Ainsi, c'est dans un esprit de sympathie et d'amour qu'il convient d'aborder ceux de nos contemporains qui ne sont pas au-dessous de la critique. On devra d'abord analyser l'impression qu'on reçoit du livre; puis on essayera de définir l'auteur, on décrira sa «forme», on dira quel est son tempérament, ce que lui est le monde et ce qu'il y cherche de préférence, quel est son sentiment sur la vie, quelle est l'espèce et quel est le degré de sa sensibilité, enfin comment il a le cerveau fait. Bref, on tâchera de déterminer, après l'impression qu'on a reçue de lui, l'impression que lui-même reçoit des choses. On arrive alors à s'identifier si complètement avec l'écrivain qu'on aime que, lorsqu'il commet de trop grosses fautes, cela fait de la peine, une peine réelle; mais en même temps on voit si bien comment il s'y est laissé aller, comment ses défauts font partie de lui-même, qu'ils paraissent d'abord inévitables et comme nécessaires et bientôt, mieux qu'excusables, amusants. Et c'est pourquoi, encore qu'il y ait beaucoup à dire sur Bouvard et Pécuchet et que ce soit un livre franchement mauvais à le juger d'après les principes de M. Brunetière, je l'ouvre volontiers, je le lis toujours avec plaisir, çà et là avec délices. C'est que j'y retrouve Flaubert dans le plein épanouissement ou plutôt, car il n'y a là rien d'épanoui, dans l'extrême rétrécissement de ses manies et de ses partis pris d'artiste; mais enfin je l'y retrouve, avec des traits plus précis, plus sèchement et durement définis que partout ailleurs. Et cela même me plaît. Car ce qu'il y a d'intéressant, en dernière analyse, dans une oeuvre d'art, c'est la transformation et même la déformation du réel par un esprit; c'est cet esprit même, pourvu qu'il soit hors de pair.

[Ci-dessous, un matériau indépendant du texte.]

impl<
    I: Source + Drop + Send + 'static,
    O: Sink + Drop + Send + 'static,
    S: Shut + Send + 'static,
> ConnectionTable<I, O, S> {
    /// Nobody is served, and there are no realms yet.
    pub fn new(alloc: Global, plan: Plan) -> Result<ConnectionTable<I, O, S>, AllocError>
        ensures plan { IfOk result (λ t. t.roster.over.plan.value ≡ plan) }
        ensures realms { IfOk result (λ t. realms_of t.realms ≡ []) }
        ensures lent { IfOk result (λ t. items_of t.roster.lent ≡ []) }
        ensures unused { IfOk result (λ t.
            IsUnused t.roster.entries.items (items_of t.roster.over.streams)) }
        ensures stops { IfOk result (λ t. NoneStopped (stops_of t.doors)) }
    {
        let realms = Realms::with_capacity(alloc, plan.realms.len())?;
        let doors = Doors::with_capacity(alloc, plan.realms.len())?;
        let plan = Arc::new(alloc, plan)?;
        let roster = Roster::new(alloc, &plan)?;
        let posters = PosterTable::new(alloc, plan.realms.len())?;
        Ok(ConnectionTable {
            alloc,
            realms,
            doors,
            posters,
            plan,
            marks: Arc::new(alloc, SeatTable::new(alloc)?)?,
            seats: Seats::new(),
            roster,
        })
    }

    /// How many connections there can be at a time.
    pub fn places(&self) -> usize
        ensures { result ≡ length self.now.roster.entries.items }
    {
        self.roster.places()
    }

    /// Joins the reader at this place, from 0, if it is over, and frees its seat. What is left of its stream, where it was.
    pub fn reap<R: Threads + Wait>(&mut self, rt: &R, place: usize) -> Option<Gone<I, O>>
        ensures stops { stops_of self.new.doors ≡ stops_of self.old.doors }
        ensures plan { self.new.roster.over.plan ≡ self.old.roster.over.plan }
        ensures realms { length (realms_of self.new.realms) ≡ length (realms_of self.old.realms) }
        ensures lent { items_of self.new.roster.lent ≡ items_of self.old.roster.lent }
        ensures over { GoesOver (items_of self.old.roster.over.streams)
            (items_of self.new.roster.over.streams) result }
    {
        if self.roster.is_over(place) {
            self.release(rt, place)
        } else {
            None
        }
    }

    /// Waits for the reader at this place, if there is one, and frees its seat. What is left of its stream, where there was one.
    pub fn release<R: Threads + Wait>(&mut self, rt: &R, place: usize) -> Option<Gone<I, O>>
        ensures stops { stops_of self.new.doors ≡ stops_of self.old.doors }
        ensures plan { self.new.roster.over.plan ≡ self.old.roster.over.plan }
        ensures realms { length (realms_of self.new.realms) ≡ length (realms_of self.old.realms) }
        ensures lent { items_of self.new.roster.lent ≡ items_of self.old.roster.lent }
        ensures over { GoesOver (items_of self.old.roster.over.streams)
            (items_of self.new.roster.over.streams) result }
        ensures entries { self.new.roster.entries.items
            ≡ set self.old.roster.entries.items place None }
    {
        let (conn, mut left) = self.roster.join(rt, place)?;
        self.doors.see(&mut left.posters);
        let (gone, _) = take_in(rt, &mut self.realms, &mut self.posters, place, left);
        vacate(&self.marks, &mut self.seats, conn);
        Some(gone)
    }

    /// How many realms there are.
    pub fn count_realms(&self) -> usize {
        self.realms.len()
    }

    /// One realm more, whose door and whose seats these are.
    ///
    /// # Errors
    /// Where memory was refused.
    pub fn add_realm<R: Threads + Wait>(
        &mut self,
        rt: &R,
        handle: RealmHandle<S>,
        door: Door<S>,
        seats: Vec<Seat<S>>,
    ) -> Result<(), AllocError>
        requires within { length (realms_of self.old.realms)
            < length self.old.roster.over.plan.value.realms.items }
        requires unused { IsUnused self.old.roster.entries.items
            (items_of self.old.roster.over.streams) }
        requires began { IsBegunBy self.old.roster.over.plan.value (shown handle) }
        requires door { ((door_view door).inbox ≡ inbox_of (shown handle).work.inbox)
            × ((door_view door).shown ≡ []) × ((door_view door).told ≡ []) }
        requires count { length seats.items ≡ 256 }
        requires seats { AreNewSeats (inbox_of (shown handle).work.inbox) seats.items }
        ensures roster { self.new.roster ≡ self.old.roster }
        ensures one { OnOk result (length (realms_of self.new.realms)
            ≡ length (realms_of self.old.realms) + 1) }
        ensures stops { NoneStopped (stops_of self.old.doors)
            → NoneStopped (stops_of self.new.doors) }
    {
        let place = self.realms.len();
        if let Err(handle) = self.realms.add(handle) {
            handle.join(rt, door);
            return Err(AllocError);
        }
        self.doors.add(rt, door);
        self.posters.add_realm(place, seats);
        Ok(())
    }

    /// Stops the realms' actors, and waits until each has marked whose sessions it holds. What the streams posted that are over is handled
    /// before.
    pub fn stop_actors<R: Wait>(&mut self, rt: &R)
        ensures roster { self.new.roster ≡ self.old.roster }
        ensures realms { realms_of self.new.realms ≡ realms_of self.old.realms }
        ensures stops { NoneStopped (stops_of self.old.doors)
            → ∥ StopsCover (items_of self.old.roster.over.streams) (stops_of self.new.doors) ∥₁ }
    {
        self.doors.stop(rt);
        self.realms.await_marks(rt);
    }

    /// Nobody is served any more: waits for the realms' actors' threads. How each realm ran, and that each stream that was lent is over,
    /// as it should be.
    pub fn finish<R: Threads + Wait>(self, rt: &R) -> GhostList<RealmRun<S>>
        requires { All (λ slot. slot ≡ None) self.roster.entries.items }
        ensures runs { All
            (λ run. IsRun (start_of self.roster.over.plan.value.config.value) run)
            (items_of result) }
        ensures realms { length (items_of result) ≡ length (realms_of self.realms) }
        ensures received { ∥ ReceivedPosted (items_of result)
            (items_of self.roster.over.streams) ∥₁ }
        ensures handled { ∥ EarlyHandled (items_of result) (items_of self.roster.over.streams)
            (stops_of self.doors) ∥₁ }
        ensures ascend { AscendAtSeats (conns_of (items_of self.roster.over.streams)) }
        ensures tied { ∥ All (λ over. OverTied (items_of result) over)
            (items_of self.roster.over.streams) ∥₁ }
        ensures went { ∥ AllWent
            (sight I.seen O.seen)
            (offer_of self.roster.over.plan.value) (items_of self.roster.lent)
            (items_of self.roster.over.streams) ∥₁ }
    {
        let ConnectionTable {
            realms,
            doors,
            posters,
            roster,
            ..
        } = self;
        roster.shows_all_over();
        realms.join(rt, doors, posters)
    }

    /// Ends the streams of those whose sessions no actor held at its end.
    pub fn shut_unheld<R: Wait>(&self, rt: &R) {
        for entry in self.roster.entries().iter().flatten() {
            if !self.marks.is_held(entry.conn) {
                entry.shared.end_stream(rt);
            }
        }
    }

    /// Starts the reader of a stream at the lowest free seat. Where none is free its client is told so, and where memory or a thread is
    /// refused it is told nothing; the stream is closed then, and this is what is left of it.
    pub fn admit<R: Threads + Wait + Clock + Copy + Send + 'static>(
        &mut self,
        rt: R,
        arrival: Arrival<I, O, S>,
    ) -> Option<Gone<I, O>>
        ensures stops { stops_of self.new.doors ≡ stops_of self.old.doors }
        ensures plan { self.new.roster.over.plan ≡ self.old.roster.over.plan }
        ensures realms { length (realms_of self.new.realms) ≡ length (realms_of self.old.realms) }
        ensures lent { items_of self.new.roster.lent ≡ items_of self.old.roster.lent
            ++ (arrival.parts.source, arrival.parts.sink) ∷ [] }
        ensures over { GoesOver (items_of self.old.roster.over.streams)
            (items_of self.new.roster.over.streams) result }
    {
        let Arrival { parts, fate, peer } = arrival;
        let Ok(conn) = self.seats.take() else {
            tell_refused(&rt, &self.plan.log, &peer, ConnectionRefusal::NoSeat);
            return Some(self.turn_away(parts));
        };
        tell_accepted(&rt, &self.plan, conn, &peer);
        let place = seat_index(conn);
        let posters = self.posters.take(conn);
        self.marks.sits(conn);
        let newcomer = Newcomer {
            conn,
            parts,
            fate,
            posters,
        };
        match start(rt, self.alloc, &self.plan, newcomer) {
            Started::Runs(halves, entry) => {
                self.roster.seat(place, halves, entry);
                None
            }
            Started::Ended(halves, began, mut ended) => {
                let over = Over::Seated(began, Snapshot::of(&ended));
                self.roster.pass(halves, Snapshot::of(&over));
                self.doors.see(&mut ended.posters);
                let (gone, why) = take_in(&rt, &mut self.realms, &mut self.posters, place, ended);
                vacate(&self.marks, &mut self.seats, conn);
                tell_unserved(&rt, &self.plan, conn, why);
                Some(gone)
            }
            Started::Refused(halves, posters) => {
                self.posters.put(place, posters);
                let gone = self.roster.let_go(halves);
                vacate(&self.marks, &mut self.seats, conn);
                tell_unserved(&rt, &self.plan, conn, CloseReason::NoMemory);
                Some(gone)
            }
        }
    }

    /// A stream is let go of, from which nothing was read, and to which nothing was written: memory was refused for it.
    pub fn let_go(&mut self, halves: (I, O)) -> Gone<I, O>
        ensures stops { stops_of self.new.doors ≡ stops_of self.old.doors }
        ensures plan { self.new.roster.over.plan ≡ self.old.roster.over.plan }
        ensures realms { length (realms_of self.new.realms) ≡ length (realms_of self.old.realms) }
        ensures lent { items_of self.new.roster.lent
            ≡ items_of self.old.roster.lent ++ halves ∷ [] }
        ensures over { GoesOver (items_of self.old.roster.over.streams)
            (items_of self.new.roster.over.streams) (Some result) }
    {
        self.roster.let_go(halves)
    }

    // Tells the client of a stream that no seat is free, and lets go of it.
    fn turn_away(&mut self, parts: Parts<I, O, S>) -> Gone<I, O>
        requires full { (place : ℕ) → place < 256 → free_at self.old.seats place ≡ None }
        ensures stops { stops_of self.new.doors ≡ stops_of self.old.doors }
        ensures plan { self.new.roster.over.plan ≡ self.old.roster.over.plan }
        ensures realms { length (realms_of self.new.realms) ≡ length (realms_of self.old.realms) }
        ensures lent { items_of self.new.roster.lent ≡ items_of self.old.roster.lent
            ++ (parts.source, parts.sink) ∷ [] }
        ensures over { GoesOver (items_of self.old.roster.over.streams)
            (items_of self.new.roster.over.streams) (Some result) }
    {
        let Parts { source, sink, shut } = parts;
        let halves = (source, sink);
        let (lent, before) = (Snapshot::of(&halves), Snapshot::of(&halves));
        let (source, mut sink) = halves;
        tell_no_seat(&mut sink);
        let over = Over::TurnedAway(before, Snapshot::of(&source), Snapshot::of(&sink));
        self.roster.pass(lent, Snapshot::of(&over));
        shut.shut();
        Gone {
            source: Closed::of(source),
            sink: Closed::of(sink),
            fate: StreamFate::NoSeat,
        }
    }
}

Et ce qu'on aime en vous, madame, c'est vous-même.

Ce que j'aime dans le livre le plus manqué de Flaubert, c'est encore Flaubert. Ce qui me plaît dans l'article le plus sévère de M. Brunetière, c'est M. Brunetière. Je me garderai donc de lui souhaiter en finissant un peu d'indulgence, un peu de frivolité, un peu de dépravation: il n'aurait qu'à y perdre! Du moins il n'est pas absolument sûr qu'il y gagnerait, tandis que, tel qu'il est, et quoique je ne sente pas comme lui une fois sur dix, je n'ai aucune peine (on excusera la solennité de la formule) à saluer en lui un maître.